- [WHAT YOU HAVE TO DO]
When the line containing "let text = debugged(alloc, page)?;" is reached, include it and end there; set down verbatim every line before it, starting at the top of the records.

- [SOURCE INFORMATION]
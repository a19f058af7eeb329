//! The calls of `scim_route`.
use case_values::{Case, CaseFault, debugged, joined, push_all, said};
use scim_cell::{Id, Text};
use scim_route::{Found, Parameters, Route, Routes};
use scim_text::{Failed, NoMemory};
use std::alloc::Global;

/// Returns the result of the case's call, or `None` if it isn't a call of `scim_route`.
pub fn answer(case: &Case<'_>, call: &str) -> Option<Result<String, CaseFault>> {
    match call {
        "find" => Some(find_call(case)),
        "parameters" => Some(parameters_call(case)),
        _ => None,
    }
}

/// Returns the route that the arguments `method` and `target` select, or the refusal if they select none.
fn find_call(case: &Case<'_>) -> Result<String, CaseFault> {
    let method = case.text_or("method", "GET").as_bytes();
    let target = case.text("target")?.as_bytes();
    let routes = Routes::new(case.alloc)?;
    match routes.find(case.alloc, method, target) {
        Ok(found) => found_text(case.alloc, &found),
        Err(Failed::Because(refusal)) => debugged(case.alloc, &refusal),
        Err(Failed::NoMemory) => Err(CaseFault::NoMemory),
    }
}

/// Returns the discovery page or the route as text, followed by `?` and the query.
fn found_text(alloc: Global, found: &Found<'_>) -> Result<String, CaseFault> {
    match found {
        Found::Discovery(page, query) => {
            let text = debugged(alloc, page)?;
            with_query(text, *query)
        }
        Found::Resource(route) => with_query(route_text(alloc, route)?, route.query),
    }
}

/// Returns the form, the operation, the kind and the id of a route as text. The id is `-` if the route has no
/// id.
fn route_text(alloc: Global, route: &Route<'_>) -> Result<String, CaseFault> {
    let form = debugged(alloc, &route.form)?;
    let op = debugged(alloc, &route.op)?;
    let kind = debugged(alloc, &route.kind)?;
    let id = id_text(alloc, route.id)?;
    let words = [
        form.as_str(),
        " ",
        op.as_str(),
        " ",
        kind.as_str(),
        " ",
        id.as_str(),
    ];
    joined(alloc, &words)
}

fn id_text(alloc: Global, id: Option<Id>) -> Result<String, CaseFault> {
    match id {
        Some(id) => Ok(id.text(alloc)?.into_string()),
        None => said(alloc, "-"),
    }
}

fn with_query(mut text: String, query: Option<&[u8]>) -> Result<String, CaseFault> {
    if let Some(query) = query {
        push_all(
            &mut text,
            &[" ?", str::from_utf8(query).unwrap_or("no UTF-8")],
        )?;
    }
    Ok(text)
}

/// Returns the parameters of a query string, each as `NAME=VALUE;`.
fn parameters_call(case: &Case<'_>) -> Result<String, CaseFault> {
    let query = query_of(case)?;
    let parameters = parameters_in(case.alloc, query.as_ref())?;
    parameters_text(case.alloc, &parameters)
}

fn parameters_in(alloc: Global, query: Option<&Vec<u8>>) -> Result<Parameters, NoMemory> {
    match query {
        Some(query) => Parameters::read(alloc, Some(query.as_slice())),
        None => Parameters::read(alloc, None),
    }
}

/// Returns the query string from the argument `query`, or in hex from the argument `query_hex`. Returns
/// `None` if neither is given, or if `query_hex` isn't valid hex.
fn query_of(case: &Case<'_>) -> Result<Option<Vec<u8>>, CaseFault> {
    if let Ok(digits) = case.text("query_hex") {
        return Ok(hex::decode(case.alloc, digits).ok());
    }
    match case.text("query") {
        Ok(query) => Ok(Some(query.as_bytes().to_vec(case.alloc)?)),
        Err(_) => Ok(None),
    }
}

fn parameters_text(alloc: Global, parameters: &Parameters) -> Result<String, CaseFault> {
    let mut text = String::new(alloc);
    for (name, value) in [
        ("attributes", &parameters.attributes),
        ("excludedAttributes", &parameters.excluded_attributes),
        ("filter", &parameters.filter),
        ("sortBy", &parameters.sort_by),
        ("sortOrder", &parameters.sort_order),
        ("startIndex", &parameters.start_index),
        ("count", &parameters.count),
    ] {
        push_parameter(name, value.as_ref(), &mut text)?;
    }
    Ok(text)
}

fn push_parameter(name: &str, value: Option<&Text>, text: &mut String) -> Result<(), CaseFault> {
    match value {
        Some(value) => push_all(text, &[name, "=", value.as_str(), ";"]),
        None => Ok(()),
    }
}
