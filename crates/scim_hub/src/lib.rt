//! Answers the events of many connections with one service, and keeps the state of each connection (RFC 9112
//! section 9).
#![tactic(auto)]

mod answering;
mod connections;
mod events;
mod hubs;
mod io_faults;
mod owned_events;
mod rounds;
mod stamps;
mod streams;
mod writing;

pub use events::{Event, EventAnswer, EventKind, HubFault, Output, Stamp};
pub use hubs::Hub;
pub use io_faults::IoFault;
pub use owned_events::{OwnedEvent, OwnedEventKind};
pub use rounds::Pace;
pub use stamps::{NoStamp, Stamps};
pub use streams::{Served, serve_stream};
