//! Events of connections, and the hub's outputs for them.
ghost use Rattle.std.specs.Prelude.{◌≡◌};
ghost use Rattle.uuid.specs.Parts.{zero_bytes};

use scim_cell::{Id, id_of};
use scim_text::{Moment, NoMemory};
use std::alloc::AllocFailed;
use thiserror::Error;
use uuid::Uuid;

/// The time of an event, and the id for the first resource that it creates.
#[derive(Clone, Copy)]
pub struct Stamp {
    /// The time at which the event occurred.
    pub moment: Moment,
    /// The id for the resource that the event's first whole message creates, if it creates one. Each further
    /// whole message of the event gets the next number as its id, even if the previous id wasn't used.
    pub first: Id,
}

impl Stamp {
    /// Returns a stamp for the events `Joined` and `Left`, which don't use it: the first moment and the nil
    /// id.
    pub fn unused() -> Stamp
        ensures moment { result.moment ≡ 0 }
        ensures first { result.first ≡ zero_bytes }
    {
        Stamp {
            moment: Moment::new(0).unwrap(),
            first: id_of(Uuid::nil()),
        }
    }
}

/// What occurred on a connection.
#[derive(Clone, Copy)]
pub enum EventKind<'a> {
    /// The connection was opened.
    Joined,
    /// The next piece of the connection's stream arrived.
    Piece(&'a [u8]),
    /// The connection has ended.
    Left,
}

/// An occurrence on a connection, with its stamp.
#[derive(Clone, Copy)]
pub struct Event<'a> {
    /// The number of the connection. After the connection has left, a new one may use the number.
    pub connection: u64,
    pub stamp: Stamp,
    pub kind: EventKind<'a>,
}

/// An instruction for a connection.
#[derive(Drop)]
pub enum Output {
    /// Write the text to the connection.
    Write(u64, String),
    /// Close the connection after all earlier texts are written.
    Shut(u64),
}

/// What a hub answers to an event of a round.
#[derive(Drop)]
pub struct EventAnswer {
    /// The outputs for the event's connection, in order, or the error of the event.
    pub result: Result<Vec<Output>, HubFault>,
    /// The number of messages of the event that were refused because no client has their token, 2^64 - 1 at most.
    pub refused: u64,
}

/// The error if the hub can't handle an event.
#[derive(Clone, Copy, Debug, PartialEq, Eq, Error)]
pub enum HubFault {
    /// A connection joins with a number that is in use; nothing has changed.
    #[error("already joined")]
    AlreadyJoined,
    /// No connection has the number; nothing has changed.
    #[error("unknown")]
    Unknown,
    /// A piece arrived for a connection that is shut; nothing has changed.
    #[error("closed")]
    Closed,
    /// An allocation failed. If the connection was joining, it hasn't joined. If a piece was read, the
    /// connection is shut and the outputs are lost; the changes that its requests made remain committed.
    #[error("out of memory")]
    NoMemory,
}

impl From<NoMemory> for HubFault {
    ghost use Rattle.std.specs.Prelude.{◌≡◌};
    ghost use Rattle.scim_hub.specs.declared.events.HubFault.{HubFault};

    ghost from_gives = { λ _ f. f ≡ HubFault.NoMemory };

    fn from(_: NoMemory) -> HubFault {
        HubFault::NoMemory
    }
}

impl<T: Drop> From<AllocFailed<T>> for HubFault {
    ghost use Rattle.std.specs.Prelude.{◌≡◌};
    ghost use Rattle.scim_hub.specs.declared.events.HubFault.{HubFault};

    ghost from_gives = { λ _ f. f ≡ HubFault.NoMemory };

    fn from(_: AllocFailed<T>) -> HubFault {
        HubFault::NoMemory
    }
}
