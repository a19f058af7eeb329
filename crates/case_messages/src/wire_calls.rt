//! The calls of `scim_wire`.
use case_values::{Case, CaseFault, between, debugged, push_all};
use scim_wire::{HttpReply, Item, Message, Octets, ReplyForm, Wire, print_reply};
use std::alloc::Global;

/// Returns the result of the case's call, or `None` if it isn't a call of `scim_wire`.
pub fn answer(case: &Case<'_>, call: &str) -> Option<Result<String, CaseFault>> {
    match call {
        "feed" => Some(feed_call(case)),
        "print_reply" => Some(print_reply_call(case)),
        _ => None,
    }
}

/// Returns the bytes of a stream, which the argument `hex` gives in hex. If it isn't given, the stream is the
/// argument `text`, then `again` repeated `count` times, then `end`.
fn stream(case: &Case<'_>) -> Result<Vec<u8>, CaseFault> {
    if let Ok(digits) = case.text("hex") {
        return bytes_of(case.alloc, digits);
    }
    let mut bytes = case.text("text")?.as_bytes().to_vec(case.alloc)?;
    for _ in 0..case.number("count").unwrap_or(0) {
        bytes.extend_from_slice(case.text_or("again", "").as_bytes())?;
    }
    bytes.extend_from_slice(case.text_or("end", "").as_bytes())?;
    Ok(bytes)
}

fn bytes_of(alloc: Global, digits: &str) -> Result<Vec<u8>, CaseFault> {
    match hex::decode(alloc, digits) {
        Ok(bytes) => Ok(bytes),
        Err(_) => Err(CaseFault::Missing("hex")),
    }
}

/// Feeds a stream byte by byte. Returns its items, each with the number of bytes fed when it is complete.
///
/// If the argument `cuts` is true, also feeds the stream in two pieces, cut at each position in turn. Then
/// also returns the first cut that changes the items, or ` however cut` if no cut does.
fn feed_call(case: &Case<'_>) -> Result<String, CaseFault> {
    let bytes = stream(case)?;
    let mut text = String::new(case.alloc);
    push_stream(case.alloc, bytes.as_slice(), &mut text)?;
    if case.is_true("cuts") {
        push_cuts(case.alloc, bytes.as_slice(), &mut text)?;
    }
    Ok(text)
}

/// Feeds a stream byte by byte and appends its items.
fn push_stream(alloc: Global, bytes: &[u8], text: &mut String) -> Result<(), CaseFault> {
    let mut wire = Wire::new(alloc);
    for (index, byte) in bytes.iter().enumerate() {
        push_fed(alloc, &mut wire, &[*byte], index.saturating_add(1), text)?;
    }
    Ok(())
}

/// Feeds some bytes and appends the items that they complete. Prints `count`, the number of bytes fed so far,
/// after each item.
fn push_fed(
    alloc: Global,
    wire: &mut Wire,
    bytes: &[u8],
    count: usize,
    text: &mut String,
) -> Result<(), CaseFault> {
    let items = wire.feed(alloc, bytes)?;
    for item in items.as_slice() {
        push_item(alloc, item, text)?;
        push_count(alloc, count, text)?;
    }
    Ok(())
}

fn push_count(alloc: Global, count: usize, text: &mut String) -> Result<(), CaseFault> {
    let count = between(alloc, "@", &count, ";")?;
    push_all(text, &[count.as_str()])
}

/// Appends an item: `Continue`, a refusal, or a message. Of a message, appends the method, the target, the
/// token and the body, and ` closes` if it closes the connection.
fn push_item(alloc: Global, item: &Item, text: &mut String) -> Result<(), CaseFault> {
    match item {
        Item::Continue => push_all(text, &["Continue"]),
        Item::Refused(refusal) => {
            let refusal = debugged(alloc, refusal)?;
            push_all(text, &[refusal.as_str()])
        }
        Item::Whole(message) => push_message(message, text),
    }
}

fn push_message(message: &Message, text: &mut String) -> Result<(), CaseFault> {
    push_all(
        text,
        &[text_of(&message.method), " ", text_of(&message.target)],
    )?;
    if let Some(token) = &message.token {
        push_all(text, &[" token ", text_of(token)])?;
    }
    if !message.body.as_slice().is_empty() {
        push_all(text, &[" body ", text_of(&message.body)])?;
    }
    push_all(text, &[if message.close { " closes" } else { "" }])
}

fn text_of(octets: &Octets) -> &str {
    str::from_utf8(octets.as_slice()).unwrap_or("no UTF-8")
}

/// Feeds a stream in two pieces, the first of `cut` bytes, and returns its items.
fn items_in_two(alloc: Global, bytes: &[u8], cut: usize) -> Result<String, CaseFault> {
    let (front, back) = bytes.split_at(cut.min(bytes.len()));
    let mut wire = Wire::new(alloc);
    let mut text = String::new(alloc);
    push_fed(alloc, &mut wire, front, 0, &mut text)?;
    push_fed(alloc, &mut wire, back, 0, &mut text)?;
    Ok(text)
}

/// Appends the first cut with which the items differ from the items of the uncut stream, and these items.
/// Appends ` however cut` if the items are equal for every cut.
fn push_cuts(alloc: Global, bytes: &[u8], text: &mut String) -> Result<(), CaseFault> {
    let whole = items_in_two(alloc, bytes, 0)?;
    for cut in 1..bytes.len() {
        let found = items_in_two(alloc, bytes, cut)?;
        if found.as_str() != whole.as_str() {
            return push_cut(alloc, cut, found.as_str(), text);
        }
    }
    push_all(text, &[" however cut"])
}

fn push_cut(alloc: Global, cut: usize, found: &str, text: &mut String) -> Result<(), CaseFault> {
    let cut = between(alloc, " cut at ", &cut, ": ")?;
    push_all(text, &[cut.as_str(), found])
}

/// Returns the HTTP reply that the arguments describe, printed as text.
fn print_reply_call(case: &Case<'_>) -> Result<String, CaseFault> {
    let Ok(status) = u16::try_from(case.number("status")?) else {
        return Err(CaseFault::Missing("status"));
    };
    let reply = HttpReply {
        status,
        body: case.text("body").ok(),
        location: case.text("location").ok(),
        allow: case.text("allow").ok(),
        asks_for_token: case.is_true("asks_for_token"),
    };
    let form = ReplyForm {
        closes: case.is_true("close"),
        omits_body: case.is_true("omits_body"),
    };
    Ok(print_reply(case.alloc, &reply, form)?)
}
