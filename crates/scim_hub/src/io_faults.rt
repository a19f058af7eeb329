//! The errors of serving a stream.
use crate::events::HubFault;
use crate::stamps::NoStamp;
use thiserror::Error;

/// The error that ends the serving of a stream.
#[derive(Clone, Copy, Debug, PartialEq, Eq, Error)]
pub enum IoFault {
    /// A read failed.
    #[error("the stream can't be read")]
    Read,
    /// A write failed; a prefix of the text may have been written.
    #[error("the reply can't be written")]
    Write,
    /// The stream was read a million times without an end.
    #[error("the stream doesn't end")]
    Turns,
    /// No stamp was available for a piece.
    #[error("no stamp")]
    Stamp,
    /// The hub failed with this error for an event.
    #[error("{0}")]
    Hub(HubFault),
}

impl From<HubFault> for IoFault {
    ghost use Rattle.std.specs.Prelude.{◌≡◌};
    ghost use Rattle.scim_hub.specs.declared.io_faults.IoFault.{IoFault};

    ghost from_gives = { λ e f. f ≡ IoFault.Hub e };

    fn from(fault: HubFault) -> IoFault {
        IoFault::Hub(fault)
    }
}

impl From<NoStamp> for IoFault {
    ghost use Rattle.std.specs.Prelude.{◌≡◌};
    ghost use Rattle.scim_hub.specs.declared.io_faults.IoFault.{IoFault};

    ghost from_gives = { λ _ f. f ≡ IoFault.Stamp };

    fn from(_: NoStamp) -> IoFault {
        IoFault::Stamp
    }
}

- [WORKED SOLUTION]
repository a19f058af7eeb329
//! The calls of `scim_route`.
use case_values::{Case, CaseFault, debugged, joined, push_all, said};
use scim_cell::{Id, Text};
use scim_route::{Found, Parameters, Route, Routes};
use scim_text::{Failed, NoMemory};
use std::alloc::Global;

/// Returns the result of the case's call, or `None` if it isn't a call of `scim_route`.
pub fn answer(case: &Case<'_>, call: &str) -> Option<Result<String, CaseFault>> {
    match call {
        "find" => Some(find_call(case)),
        "parameters" => Some(parameters_call(case)),
        _ => None,
    }
}

/// Returns the route that the arguments `method` and `target` select, or the refusal if they select none.
fn find_call(case: &Case<'_>) -> Result<String, CaseFault> {
    let method = case.text_or("method", "GET").as_bytes();
    let target = case.text("target")?.as_bytes();
    let routes = Routes::new(case.alloc)?;
    match routes.find(case.alloc, method, target) {
        Ok(found) => found_text(case.alloc, &found),
        Err(Failed::Because(refusal)) => debugged(case.alloc, &refusal),
        Err(Failed::NoMemory) => Err(CaseFault::NoMemory),
    }
}

/// Returns the discovery page or the route as text, followed by `?` and the query.
fn found_text(alloc: Global, found: &Found<'_>) -> Result<String, CaseFault> {
    match found {
        Found::Discovery(page, query) => {
            let text = debugged(alloc, page)?;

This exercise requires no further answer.